From 1976-81 I served as the Senior Chaplain of the Enid State School. It was a time in our history when most folk with developmental disabilities where kept away from living in our communities, and for lack of a better word, they were institutionalized. It is easy from our current perch to caste judgement on this reality but the facts were that we, as a society, were just doing the best we could. I remember very fondly the time that I served with these remarkable folk.
In 1976 I went to Dr. Fred Craddock, Dean of Phillips Graduate Seminary, to tell him that I had accepted this position. I was basically ‘hemming and hawing’ about my ambivalence in taking my shiny new graduate education and serving in a context where actions speak louder than words. In a manner that only Fred could produce he said, “Mark, you need to go out there and make the Gospel real. If you can make it real there you can make it real anywhere”. In my five years there I did my best to make grace tangible.

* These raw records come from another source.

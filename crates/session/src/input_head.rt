//! Reading a file ahead, up to its users.

ghost use Rattle.std.specs.Prelude.{◌≡◌, ◌⊎◌, ◌++◌, ℕ, List, Some, true, false, Ok, IfOk, IfErr};
ghost use Rattle.std.specs.Io.KnownBytes.{Consumes};
ghost use Rattle.model.specs.declared.mode.Mode.TheVariants.{Run};
ghost use Rattle.model.specs.declared.refusal.Refusal.TheVariants.{Memory, BadUsers, InputFault};
ghost use Rattle.session.specs.Ahead.{LooksAhead};
ghost use Rattle.session.specs.InputHeads.{BeginsOtherwise, BeginsWithUsers};
ghost use Rattle.session.specs.Serving.{HasFailed, MayBeFault};

use crate::ahead::{Ahead, read_ahead};
use crate::answer::NoUsers;
use crate::session::Session;
use lines::cut;
use model::{Mode, Refusal};
use nar::{Faults, has_failed};
use std::alloc::Global;
use std::io::Read;
use trust::User;

/// What was read of a file whose lines may be run.
#[derive(Drop)]
pub struct InputHead {
    /// All bytes that were read.
    pub bytes: Vec<u8>,
    /// The users whom its first line that gets a reply names.
    pub users: Vec<User>,
}

/// Whether the first line that gets a reply names users. Lines behind it are left alone.
fn begins_with_users(alloc: Global, bytes: &[u8]) -> Result<bool, Refusal>
    ensures first { result ≡ Ok true → BeginsWithUsers bytes.now }
    ensures others { result ≡ Ok false → ¬ BeginsWithUsers bytes.now }
    ensures memory { IfErr result (λ why. why ≡ Memory) }
{
    let mut session = Session::new(alloc, Mode::Run);
    let mut rest = bytes;
    while let Some((line, behind)) = cut(b'\n', rest) {
        let text = session.line(alloc, line, &mut NoUsers)?;
        if !text.is_empty() {
            return Ok(session.has_users());
        }
        rest = behind;
    }
    let _text = session.line(alloc, rest, &mut NoUsers)?;
    Ok(session.has_users())
}

/// Why a file is not run that was read and does not begin with users: it could not be read, where the
/// reader's count shows a failure since it was `before`.
fn no_users<R: Faults>(reader: &R, before: u64) -> Refusal
    ensures fault { result ≡ InputFault → HasFailed before (R.failed reader.now) }
    ensures users { result ≡ BadUsers → ¬ HasFailed before (R.failed reader.now) }
    ensures either { (result ≡ InputFault) ⊎ (result ≡ BadUsers) }
{
    if has_failed(before, reader.failures()) {
        Refusal::InputFault
    } else {
        Refusal::BadUsers
    }
}

/// Reads a file up to its first line of users, and looks whether its lines may be run: the first of them
/// that gets a reply names users.
///
/// # Errors
///
/// - `InputFault` only where the reader failed during the call by its count.
/// - `BadUsers` where the first line that gets a reply is no line of users, where it is one that is
///   refused, and where there is none.
/// - `Memory` only where memory was refused.
pub fn look_ahead<R: Read + Faults>(alloc: Global, reader: &mut R) -> Result<InputHead, Refusal>
    ensures read { IfOk result (λ head.
        Consumes (R.remaining reader.old) (R.remaining reader.new) head.bytes.items) }
    // Whatever comes after what was read, these are the users that a session of it names.
    ensures users { IfOk result (λ head. (all left : List ℕ) → R.remaining reader.new ≡ Some left
        → LooksAhead Run (head.bytes.items ++ left) (Some head.users.items)) }
    // Nothing before its users gets a reply.
    ensures first { IfOk result (λ head. BeginsWithUsers head.bytes.items) }
    // A file that could not be read is not told as one that names no users.
    ensures bad_users { IfErr result (λ why. why ≡ BadUsers → ¬ HasFailed (R.failed reader.old) (R.failed reader.new)) }
    // Neither is one that begins with them, whatever was read of it.
    ensures others { IfErr result (λ why. why ≡ BadUsers → BeginsOtherwise (R.remaining reader.old)) }
    ensures why { IfErr result (λ why. (why ≡ InputFault) ⊎ (why ≡ BadUsers) ⊎ (why ≡ Memory)) }
    ensures fault { IfErr result (MayBeFault InputFault (R.failed reader.old) (R.failed reader.new)) }
{
    let before = reader.failures();
    let ahead = read_ahead(alloc, Mode::Run, reader)?;
    if ahead.has_failed {
        return Err(Refusal::InputFault);
    }
    let Ahead { bytes, users, .. } = ahead;
    let Some(users) = users else {
        return Err(no_users(reader, before));
    };
    if !begins_with_users(alloc, bytes.as_slice())? {
        return Err(no_users(reader, before));
    }
    Ok(InputHead { bytes, users })
}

It was 1979 and I had been able to hire five student chaplains who were attending Phillips Graduate Seminary. They were an amazing team. Each one of them were assigned one of the five units at ESS. The units were each focusing on a different segment of the over 1000 residents who lived there. Unit 1 was comprised of folks who lived their lives in hospital beds and wheelchairs. Unit 2 were ‘ambulatory non-verbal’ folk. Even as I write this I feel the pain of the crude and dehumanizing way these people were treated. My chaplain who was assigned to Unit 2 was a young woman named Lynn. She asked for an appointment with me. She sat in my office and looked me straight in the eye as she said “Mark, you are a very great boss and you are empowering us to do very special things. But, I feel like you give your personal time to the ‘high-functioning’ residents. I need your support and presence at Unit 2. Damn, she nailed me. I said, “You are right. Let’s figure out how I can be more helpful”. We cooked up a youth group from Canna Cottage.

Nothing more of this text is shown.